The Effects of 8-Azaguanine on Cardiac Development in the Chick Embryo

Abstract

The etiology of congenital heart lesions is varied and multifactorial hypothesis has gained wide acceptance. Regardless of the etiologic agent, the offending factor must act through a common pathway by either changing the growth rate, the resorptive process or the molding mechanical effect of the circulating blood. In search of a model for producing congenital heart disease in a reproducible fashion we used 8-azaguanine (a purine analogue) to study the effects of growth inhibition on developing chick embryo hearts. One half ml of 8-azaguanine (25mg% solution) was injected into the yolk sac of fertile white Leghorn eggs at 23rd stage. Eggs injected with 1/2ml of normal saline served as control. Eight-azaguanine-treated eggs delivered less normal embryos (29/188) than the saline-injected eggs (119/158, p<0.001) and more dead embryos (106/188 vs 0/158 respectively, p<0.001). Serial sections of the hearts extracted at 35th stage in the 8-azaguanine-treated (64 specimens) and control group (96 specimens) revealed no congenital heart defect in the latter group, whereas the development of the hearts were halted either in the tubular stage (12/64, p<0.01) or in the primitive stages of development (28/64, p<0.001).

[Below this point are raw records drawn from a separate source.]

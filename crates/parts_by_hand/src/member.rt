ghost use Rattle.std.specs.Prelude.{◌≡◌, ◌≤◌, IfOk};

use crate::making::one_key;
use crate::parts::Parts;
use crate::seen::Seen;
use crate::stop::Stop;
use crate::words::Answer;
use gr_history::{Ask, Done, Gift, Identity, Image, QueryAsk, QueryReply, Verdict, What};
use gr_shard::Shard;
use gr_stamp::{Change, LIMIT};
use gr_value::{Key, Shared};
use gr_vector::Report;
use std::alloc::Global;

/// A member: its one shard, and the parts of that by hand.
#[derive(Drop)]
pub struct Member {
    key: Key,
    members: u8,
    steps: u32,
    shard: Shard,
    pub parts: Parts,
    ghost shards: { shard.id.shards ≡ 1 },
    ghost here: { shard.id.shard ≡ 0 },
    ghost stated: { shard.id.members ≡ members },
}

fn make_shard(alloc: Global, member: u8, members: u8) -> Result<Shard, Stop>
    requires some { 1 ≤ member }
    requires stated { member ≤ members }
    requires founded { 2 ≤ members }
    requires few { members ≤ 8 }
    ensures members { IfOk result (λ shard. shard.id.members ≡ members) }
    ensures shard { IfOk result (λ shard. shard.id.shard ≡ 0) }
    ensures shards { IfOk result (λ shard. shard.id.shards ≡ 1) }
{
    let id = Identity {
        member,
        members,
        founders: 2,
        shard: 0,
        shards: 1,
    };
    if let Ok(shard) = Shard::new(alloc, id, 0) {
        return Ok(shard);
    }
    Ok(Shard::new(alloc, id, 0)?)
}

impl Member {
    /// A member of so many, of which two are founders.
    pub fn new(alloc: Global, member: u8, members: u8) -> Result<Member, Stop>
        requires some { 1 ≤ member }
        requires stated { member ≤ members }
        requires founded { 2 ≤ members }
        requires few { members ≤ 8 }
    {
        Ok(Member {
            key: one_key(alloc)?,
            members,
            steps: 0,
            shard: make_shard(alloc, member, members)?,
            parts: Parts::new(alloc, member)?,
        })
    }

    fn seen(&self) -> Seen {
        Seen::of(
            self.shard.history(),
            self.shard.slots(),
            self.shard.vector(),
            self.shard.floor(),
            &self.key,
        )
    }

    /// Adds to the parts what the shard added to its history, and prints the step, what it answers, and what
    /// stands behind it.
    pub fn end(&mut self, rt: &HostRuntime, step: &str, answer: Answer) -> Result<(), Stop> {
        self.parts.add(rt.alloc(), self.shard.history())?;
        let beside = self.parts.beside();
        if self.seen() != beside.seen {
            return Err(Stop::Otherwise);
        }
        Ok(println!(rt; "{step}: {answer} | {beside}")?)
    }

    // The number of the client's next step.
    fn next_step(&mut self) -> u32 {
        self.steps = self.steps.saturating_add(1);
        self.steps
    }

    /// The client of this member, which has its number, does a call.
    pub fn done(&mut self, alloc: Global, ask: &Ask) -> Result<Done, Stop> {
        let (client, seq) = (self.parts.me, self.next_step());
        if ask.key().shard(1) != 0 {
            return Err(Stop::Otherwise);
        }
        Ok(twice!(self.seen(), self.shard.call(alloc, client, seq, ask))?)
    }

    pub fn asked(&mut self, alloc: Global, ask: &QueryAsk) -> Result<QueryReply, Stop> {
        let (client, seq) = (self.parts.me, self.next_step());
        Ok(twice!(self.seen(), self.shard.query(alloc, client, seq, ask))?)
    }

    pub fn taken_in(&mut self, alloc: Global, change: &Shared<Change>) -> Result<Verdict, Stop> {
        if change.get().key.shard(1) != 0 {
            return Err(Stop::Otherwise);
        }
        Ok(twice!(self.seen(), self.shard.take_in(alloc, change))?)
    }

    pub fn given(&mut self, alloc: Global, to: u8, what: What) -> Result<Gift, Stop> {
        if to == 0 || to > self.members {
            return Err(Stop::Otherwise);
        }
        Ok(twice!(self.seen(), self.shard.give(alloc, to, what))?)
    }

    /// Merges an image without rows.
    pub fn merged(&mut self, alloc: Global, image: &Image) -> Result<(), Stop> {
        if image.rows.get().len() != 0 || image.floor > LIMIT {
            return Err(Stop::Otherwise);
        }
        Ok(twice!(self.seen(), self.shard.merge(alloc, image))?)
    }

    pub fn reported(&mut self, alloc: Global) -> Result<Report, Stop> {
        Ok(twice!(self.seen(), self.shard.report(alloc))?)
    }

    pub fn heard(&mut self, alloc: Global, report: &Report) -> Result<(), Stop> {
        Ok(twice!(self.seen(), self.shard.hear(alloc, report))?)
    }

    pub fn swept(&mut self, alloc: Global, moment: u64) -> Result<u64, Stop> {
        Ok(twice!(self.seen(), self.shard.sweep(alloc, moment))?)
    }

    // Whether copies of the parts have what these have.
    fn is_copied(&self, alloc: Global) -> Result<bool, Stop> {
        let deeds = anew!(self.parts.history.copy(alloc))?.len();
        let top = anew!(self.parts.vector.copy(alloc))?.top(1);
        Ok(deeds == self.parts.history.len() && top == self.parts.vector.top(1))
    }

    /// Prints what the shard leaves.
    pub fn leave(&self, rt: &HostRuntime) -> Result<(), Stop> {
        if !self.is_copied(rt.alloc())? {
            return Err(Stop::Otherwise);
        }
        let left = anew!(self.shard.taken_out(rt.alloc()))?;
        let (entries, tombstones) = (left.region.rows.len(), left.region.tombstones);
        let (me, conflated) = (self.parts.me, left.history.discarded());
        Ok(println!(rt;
            "member {me}: entries {entries}, tombstones {tombstones}, conflated {conflated}"
        )?)
    }
}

The thickness of the ventricular myocardium was also greatly reduced.It is concluded that: 1) Certain types of congenital heart defects such as endocardial cushion defect, and common ventricle could be reproducibly produced by growth inhibiting agent 8-azaguanine in the chick embryo. 2) Experimental models for production of congenital heart defects through acceleration of the growth or changing the rate of tissue resorption must be sought.